I am currently not sure how best to profile a regression model (MSE? RMSE? MAPE?) and we will have to ask the TA. For now, I have logged a few metrics below.

In [2]:
import pickle
import pandas as pd

raw_train = pd.read_csv('../data/train_with_raw_score.csv')
raw_test = pd.read_csv('../data/test_with_raw_score.csv')
train_coords = raw_train['fips'].apply(fips_to_coordinate)
test_coords = raw_test['fips'].apply(fips_to_coordinate)
train_coords = pd.DataFrame(train_coords.tolist(), columns=['lat', 'long'])
test_coords = pd.DataFrame(test_coords.tolist(), columns=['lat', 'long'])
train = pd.concat([raw_train, train_coords], axis=1)
test = pd.concat([raw_test, test_coords], axis=1)
train = train.drop('fips', axis=1)
test = test.drop('fips', axis=1)
train = train.drop('date',axis=1)
test = test.drop('date',axis=1)
model = pickle.load(open('../models/catboost4_initialRegression.pkl', 'rb'))
preds = model.predict(test.drop(['score'], axis=1))

In [3]:
from sklearn.metrics import mean_squared_error, mean_absolute_error, mean_absolute_percentage_error, r2_score

print("Mean Squared Error: ", mean_squared_error(test['score'], preds))
print("Mean Absolute Error: ", mean_absolute_error(test['score'], preds))
print("Mean Absolute Percentage Error: ", mean_absolute_percentage_error(test['score'], preds))
print("R2 Score: ", r2_score(test['score'], preds))

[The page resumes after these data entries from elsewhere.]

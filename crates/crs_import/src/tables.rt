ghost use Rattle.std.specs.Prelude.{◌≡◌, ◌⊎◌, ◌++◌, [], get_or, Some, None, Ok, Err, IfOk, IfErr, OnOk};
ghost use Rattle.csv.specs.Reading.{expected_len};
ghost use Rattle.csv.specs.Records.{fields_of, field_at};
ghost use Rattle.crs_import.specs.TableReading.{IsReading, rows_left};
ghost use Rattle.crs_import.specs.SeenTables.{fields_seen};
ghost use Rattle.crs_import.specs.Tables.{fields_at, are_titles, is_header, log_of, headed, table_log};
ghost use Rattle.crs_import.specs.TableSteps.{IsHeaded, PushesRow};
ghost use Rattle.crs_import.specs.declared.refusals.ImportRefused.TheVariants.{Memory};

use crate::reading::next_record;
use crate::rows::{Row, read_row};
use crate::writing::push_statement;
use crate::{ImportRefused, RowWord};
use csv::{ByteRecord, Reader, ReaderBuilder};
use std::alloc::Global;

/// The most bytes of a table.
const SIZE_LIMIT: usize = 67108864;

/// The field of that number, and no bytes past the end.
fn field(buffer: &ByteRecord, i: usize) -> &[u8]
    ensures { result.now ≡ get_or (fields_of buffer.now) i [] }
{
    match buffer.get(i) {
        Some(field) => field,
        None => &[],
    }
}

/// The fields of a record by their names.
fn row_of(buffer: &ByteRecord) -> Row<'_>
    ensures { fields_seen result ≡ fields_at (fields_of buffer.now) }
{
    Row {
        what: field(buffer, 0),
        date: field(buffer, 1),
        name: field(buffer, 2),
        args: field(buffer, 3),
        old: field(buffer, 4),
        new: field(buffer, 5),
    }
}

/// Whether the fields are the names of the fields.
fn are_titles(row: &Row<'_>) -> bool
    ensures { result ≡ are_titles (fields_seen row.now) }
{
    row.what == b"what".as_slice()
        && row.date == b"date".as_slice()
        && row.name == b"name".as_slice()
        && row.args == b"args".as_slice()
        && row.old == b"old".as_slice()
        && row.new == b"new".as_slice()
}

/// Whether the record is the six names.
fn is_header(buffer: &ByteRecord) -> bool
    ensures { result ≡ is_header (fields_of buffer.now) }
{
    buffer.len() == 6 && are_titles(&row_of(buffer))
}

/// Reads the first record, which must be the six names.
fn read_header(reader: &mut Reader<&[u8]>, buffer: &mut ByteRecord) -> Result<(), ImportRefused>
    requires reading { IsReading (λ s. Some s.now) reader.old }
    requires fresh { expected_len reader.old ≡ None }
    ensures ok { OnOk result (IsHeaded (λ s. Some s.now) reader.old reader.new) }
    ensures err { IfErr result (λ e. (e ≡ Memory) ⊎ (headed (rows_left (λ s. Some s.now) reader.old) ≡ Err e)) }
{
    let found = next_record(reader, buffer, 1)?;
    if !found || !is_header(buffer) {
        return Err(ImportRefused::Row {
            row: 1,
            word: RowWord::Header,
        });
    }
    Ok(())
}

/// Writes the line of the next record, which has that number. An answer `false` says that there is none.
fn push_record(
    reader: &mut Reader<&[u8]>,
    buffer: &mut ByteRecord,
    row: u64,
    out: &mut Vec<u8>,
) -> Result<bool, ImportRefused>
    requires reading { IsReading (λ s. Some s.now) reader.old }
    requires six { expected_len reader.old ≡ Some 6 }
    ensures ok { IfOk result (λ more. PushesRow (λ s. Some s.now) reader.old reader.new row out.old.items out.new.items more) }
    ensures err { IfErr result (λ e. (e ≡ Memory) ⊎ (log_of row (rows_left (λ s. Some s.now) reader.old) ≡ Err e)) }
{
    let found = next_record(reader, buffer, row)?;
    if !found {
        return Ok(false);
    }
    let fields = row_of(buffer);
    match read_row(&fields) {
        Ok(line) => {
            push_statement(out, &line)?;
            Ok(true)
        }
        Err(word) => Err(ImportRefused::Row { row, word }),
    }
}

/// The log of all records.
fn read_rows(alloc: Global, reader: &mut Reader<&[u8]>) -> Result<Vec<u8>, ImportRefused>
    requires reading { IsReading (λ s. Some s.now) reader.old }
    requires fresh { expected_len reader.old ≡ None }
    ensures ok { IfOk result (λ log. headed (rows_left (λ s. Some s.now) reader.old) ≡ Ok log.items) }
    ensures err { IfErr result (λ e. (e ≡ Memory) ⊎ (headed (rows_left (λ s. Some s.now) reader.old) ≡ Err e)) }
{
    let mut buffer = ByteRecord::new(alloc);
    read_header(reader, &mut buffer)?;
    let mut out = Vec::new(alloc);
    for row in 2..u64::MAX {
        let more = push_record(reader, &mut buffer, row, &mut out)?;
        if !more {
            return Ok(out);
        }
    }
    Err(ImportRefused::Memory)
}

/// The log of a table, or its first fault.
pub fn import(alloc: Global, table: &[u8]) -> Result<Vec<u8>, ImportRefused>
    ensures ok { IfOk result (λ log. table_log table.now ≡ Ok log.items) }
    ensures err { IfErr result (λ e. (e ≡ Memory) ⊎ (table_log table.now ≡ Err e)) }
{
    if SIZE_LIMIT < table.len() {
        return Err(ImportRefused::Row {
            row: 0,
            word: RowWord::Size,
        });
    }
    let mut reader = ReaderBuilder::new()
        .has_headers(false)
        .from_reader(alloc, table);
    read_rows(alloc, &mut reader)
}
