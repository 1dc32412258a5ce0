//! Tables of events, read as CSV and written as a log.
#![tactic(auto)]

mod laws;
mod reading;
mod refusals;
mod rows;
mod tables;
mod writing;

pub use laws::{records_are_all, tables_have_logs};
pub use refusals::{ImportRefused, RowWord, refusal_line};
pub use tables::import;
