ghost use Rattle.std.specs.Prelude.{◌≡◌, ◌⊎◌, Some, IfOk, IfErr};
ghost use Rattle.csv.specs.Reading.{error_kind};
ghost use Rattle.csv.specs.Records.{fields_of};
ghost use Rattle.crs_import.specs.TableReading.{IsReading, Took, Differs};
ghost use Rattle.crs_import.specs.Lengths.{is_lengths};
ghost use Rattle.crs_import.specs.declared.refusals.ImportRefused.TheVariants.{Csv, Memory};

use crate::ImportRefused;
use csv::{ByteRecord, Error, ErrorKind, Reader};

/// Whether the error is a record of another length than those before.
fn is_lengths(error: &Error) -> bool
    ensures { result ≡ is_lengths (error_kind error.now) }
{
    match error.kind() {
        ErrorKind::UnequalLengths { .. } => true,
        _ => false,
    }
}

/// Reads the next record, which has that number. An answer `false` says that there is none.
pub(crate) fn next_record(
    reader: &mut Reader<&[u8]>,
    buffer: &mut ByteRecord,
    row: u64,
) -> Result<bool, ImportRefused>
    requires { IsReading (λ s. Some s.now) reader.old }
    ensures ok { IfOk result (λ found. Took (λ s. Some s.now) reader.old reader.new found (fields_of buffer.new)) }
    ensures err { IfErr result (λ e. (e ≡ Memory) ⊎ ((e ≡ Csv row) × Differs (λ s. Some s.now) reader.old)) }
{
    match reader.read_byte_record(buffer) {
        Ok(found) => Ok(found),
        Err(error) if is_lengths(&error) => Err(ImportRefused::Csv { row }),
        Err(_) => Err(ImportRefused::Memory),
    }
}
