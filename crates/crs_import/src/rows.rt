ghost use Rattle.std.specs.Prelude.{◌≡◌, ◌≤◌, ◌+◌, ◌∷◌, [], ◌&&◌, nat_le, length, take, drop, Ok, Err, MatchResult};
ghost use Rattle.std.specs.List.{list_all};
ghost use Rattle.crs_base.specs.Symbols.{is_symbol};
ghost use Rattle.crs_import.specs.Records.{date_of, parts, args_of, are_args, is_empty, has_no_name, event_line, change_line, clock_line, delay_line, end_line, line_of};
ghost use Rattle.crs_import.specs.SeenTables.{fields_seen, line_seen};

use crate::RowWord;
use crs_base::{is_symbol, number};

/// The fields of a record.
#[derive(Clone, Copy)]
pub(crate) struct Row<'a> {
    pub(crate) what: &'a [u8],
    pub(crate) date: &'a [u8],
    pub(crate) name: &'a [u8],
    pub(crate) args: &'a [u8],
    pub(crate) old: &'a [u8],
    pub(crate) new: &'a [u8],
}

/// A line of a log. Arguments are parted by `;`.
#[derive(Clone, Copy)]
pub(crate) enum Statement<'a> {
    Event {
        date: u64,
        name: &'a [u8],
        args: &'a [u8],
        change: Option<(&'a [u8], &'a [u8])>,
    },
    Clock {
        date: u64,
    },
    Delay {
        date: u64,
    },
    End,
}

/// A number of at most 2^40 - 1.
fn date(field: &[u8]) -> Option<u64>
    ensures { result ≡ date_of field.now }
{
    match number(field) {
        Some(n) if n < 1 << 40 => Some(n),
        _ => None,
    }
}

/// How many bytes stand before the first `;`.
#[tactic(auto, using(crate::proofs::Parts::first_part, crate::proofs::Parts::only_part))]
fn part_len(text: &[u8]) -> usize
    ensures bound { result ≤ length text.now }
    ensures last { (result ≡ length text.now) → parts text.now ≡ text.now ∷ [] }
    ensures more { result + 1 ≤ length text.now → parts text.now ≡ take result text.now ∷ parts (drop (result + 1) text.now) }
{
    for (i, b) in text.iter().enumerate() {
        if *b == b';' {
            return i;
        }
    }
    text.len()
}

/// Whether these are at most `room` symbols, parted by `;`.
fn are_symbols(text: &[u8], room: u32) -> bool
    ensures { result ≡ (nat_le (length (parts text.now)) room && list_all is_symbol (parts text.now)) }
{
    let n = part_len(text);
    let (part, _) = text.split_at(n);
    if room == 0 || !is_symbol(part) {
        return false;
    }
    if n == text.len() {
        return true;
    }
    let (_, rest) = text.split_at(n + 1);
    are_symbols(rest, room - 1)
}

/// Whether it is empty, or 1 to 8 symbols parted by `;`.
fn are_args(field: &[u8]) -> bool
    ensures { result ≡ are_args (args_of field.now) }
{
    field.is_empty() || are_symbols(field, 8)
}

fn is_empty(field: &[u8]) -> bool
    ensures { result ≡ is_empty field.now }
{
    match field {
        [] => true,
        _ => false,
    }
}

/// Whether all behind the date is empty.
fn has_no_name(row: &Row<'_>) -> bool
    ensures { result ≡ has_no_name (fields_seen row.now) }
{
    is_empty(row.name) && is_empty(row.args) && is_empty(row.old) && is_empty(row.new)
}

/// What an `event` says.
fn read_event<'a>(row: &Row<'a>) -> Result<Statement<'a>, RowWord>
    ensures { MatchResult result (λ s. event_line (fields_seen row.now) ≡ Ok (line_seen s)) (λ w. event_line (fields_seen row.now) ≡ Err w) }
{
    let Some(date) = date(row.date) else {
        return Err(RowWord::Date);
    };
    if !is_symbol(row.name) {
        return Err(RowWord::Name);
    }
    if !are_args(row.args) {
        return Err(RowWord::Args);
    }
    if !is_empty(row.old) || !is_empty(row.new) {
        return Err(RowWord::Extra);
    }
    Ok(Statement::Event {
        date,
        name: row.name,
        args: row.args,
        change: None,
    })
}

/// What a `change` says.
fn read_change<'a>(row: &Row<'a>) -> Result<Statement<'a>, RowWord>
    ensures { MatchResult result (λ s. change_line (fields_seen row.now) ≡ Ok (line_seen s)) (λ w. change_line (fields_seen row.now) ≡ Err w) }
{
    let Some(date) = date(row.date) else {
        return Err(RowWord::Date);
    };
    if !is_symbol(row.name) {
        return Err(RowWord::Name);
    }
    if !are_args(row.args) {
        return Err(RowWord::Args);
    }
    if !is_symbol(row.old) || !is_symbol(row.new) {
        return Err(RowWord::Change);
    }
    Ok(Statement::Event {
        date,
        name: row.name,
        args: row.args,
        change: Some((row.old, row.new)),
    })
}

/// What a `clock` says.
fn read_clock<'a>(row: &Row<'a>) -> Result<Statement<'a>, RowWord>
    ensures { MatchResult result (λ s. clock_line (fields_seen row.now) ≡ Ok (line_seen s)) (λ w. clock_line (fields_seen row.now) ≡ Err w) }
{
    let Some(date) = date(row.date) else {
        return Err(RowWord::Date);
    };
    if !has_no_name(row) {
        return Err(RowWord::Extra);
    }
    Ok(Statement::Clock { date })
}

/// What a `delay` says.
fn read_delay<'a>(row: &Row<'a>) -> Result<Statement<'a>, RowWord>
    ensures { MatchResult result (λ s. delay_line (fields_seen row.now) ≡ Ok (line_seen s)) (λ w. delay_line (fields_seen row.now) ≡ Err w) }
{
    let Some(date) = date(row.date) else {
        return Err(RowWord::Date);
    };
    if !has_no_name(row) {
        return Err(RowWord::Extra);
    }
    Ok(Statement::Delay { date })
}

/// What an `end` says.
fn read_end<'a>(row: &Row<'a>) -> Result<Statement<'a>, RowWord>
    ensures { MatchResult result (λ s. end_line (fields_seen row.now) ≡ Ok (line_seen s)) (λ w. end_line (fields_seen row.now) ≡ Err w) }
{
    if !is_empty(row.date) || !has_no_name(row) {
        return Err(RowWord::Extra);
    }
    Ok(Statement::End)
}

/// The line that a record stands for, or what is wrong with it.
pub(crate) fn read_row<'a>(row: &Row<'a>) -> Result<Statement<'a>, RowWord>
    ensures { MatchResult result (λ s. line_of (fields_seen row.now) ≡ Ok (line_seen s)) (λ w. line_of (fields_seen row.now) ≡ Err w) }
{
    if row.what == b"event".as_slice() {
        read_event(row)
    } else if row.what == b"change".as_slice() {
        read_change(row)
    } else if row.what == b"clock".as_slice() {
        read_clock(row)
    } else if row.what == b"delay".as_slice() {
        read_delay(row)
    } else if row.what == b"end".as_slice() {
        read_end(row)
    } else {
        Err(RowWord::What)
    }
}
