ghost use Rattle.std.specs.Prelude.{◌≡◌, ◌∷◌, [], ◌++◌, OnOk, codes, decimal, option_map};
ghost use Rattle.crs_base.specs.Entry.{args_text, change_text, canonical};
ghost use Rattle.crs_import.specs.Records.{args_of, line_text, with_comma};
ghost use Rattle.crs_import.specs.SeenTables.{line_seen};

use crate::rows::Statement;
use crs_base::{push_bytes, push_number};
use std::alloc::AllocError;

/// Writes a byte of a list of arguments, where a comma stands for each `;`.
fn push_comma_for(out: &mut Vec<u8>, b: u8) -> Result<(), AllocError>
    ensures { OnOk result (out.new.items ≡ out.old.items ++ with_comma b ∷ []) }
{
    out.push(if b == b';' { b',' } else { b })?;
    Ok(())
}

/// Writes arguments that are parted by `;`.
fn push_args(out: &mut Vec<u8>, args: &[u8]) -> Result<(), AllocError>
    ensures { OnOk result (out.new.items ≡ out.old.items ++ args_text (args_of args.now)) }
{
    if args.is_empty() {
        return Ok(());
    }
    push_bytes(out, b"[")?;
    for b in args {
        push_comma_for(out, *b)?;
    }
    push_bytes(out, b"]")?;
    Ok(())
}

/// Writes an old and a new value.
fn push_change(out: &mut Vec<u8>, change: &Option<(&[u8], &[u8])>) -> Result<(), AllocError>
    ensures { OnOk result (out.new.items ≡ out.old.items ++ change_text (option_map (λ c. (c.0.now, c.1.now)) change.now)) }
{
    let Some((old, new)) = change else {
        return Ok(());
    };
    push_bytes(out, b":(")?;
    push_bytes(out, old)?;
    push_bytes(out, b",")?;
    push_bytes(out, new)?;
    push_bytes(out, b")")
}

/// Writes a line with a word and a number.
fn push_mark(out: &mut Vec<u8>, word: &[u8], date: u64) -> Result<(), AllocError>
    ensures { OnOk result (out.new.items ≡ out.old.items ++ (word.now ++ decimal date ++ codes "\n")) }
{
    push_bytes(out, word)?;
    push_number(out, date)?;
    push_bytes(out, b"\n")
}

/// Writes a line.
pub(crate) fn push_statement(out: &mut Vec<u8>, line: &Statement<'_>) -> Result<(), AllocError>
    ensures { OnOk result (out.new.items ≡ out.old.items ++ line_text (line_seen line.now)) }
{
    match line {
        Statement::Event {
            date,
            name,
            args,
            change,
        } => {
            push_number(out, *date)?;
            push_bytes(out, b" ")?;
            push_bytes(out, name)?;
            push_args(out, args)?;
            push_change(out, change)?;
            push_bytes(out, b"\n")
        }
        Statement::Clock { date } => push_mark(out, b"clock ", *date),
        Statement::Delay { date } => push_mark(out, b"delay ", *date),
        Statement::End => push_bytes(out, b"end\n"),
    }
}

Mean Squared Error:  0.7646419217106
Mean Absolute Error:  0.6704698094839872
Mean Absolute Percentage Error:  1810587988628717.0
R2 Score:  -0.0878119558467616


R2 score seems really weird. Need to check this out further.

Conclusions: Regression shows some promise, based on the low MSE compared to the range of the data. However, we need to figure out the low R2, and we may need to try different model types beyond the gradient boosting regressor. The MAPE and R2 scores look very weird, and need to be investigated further.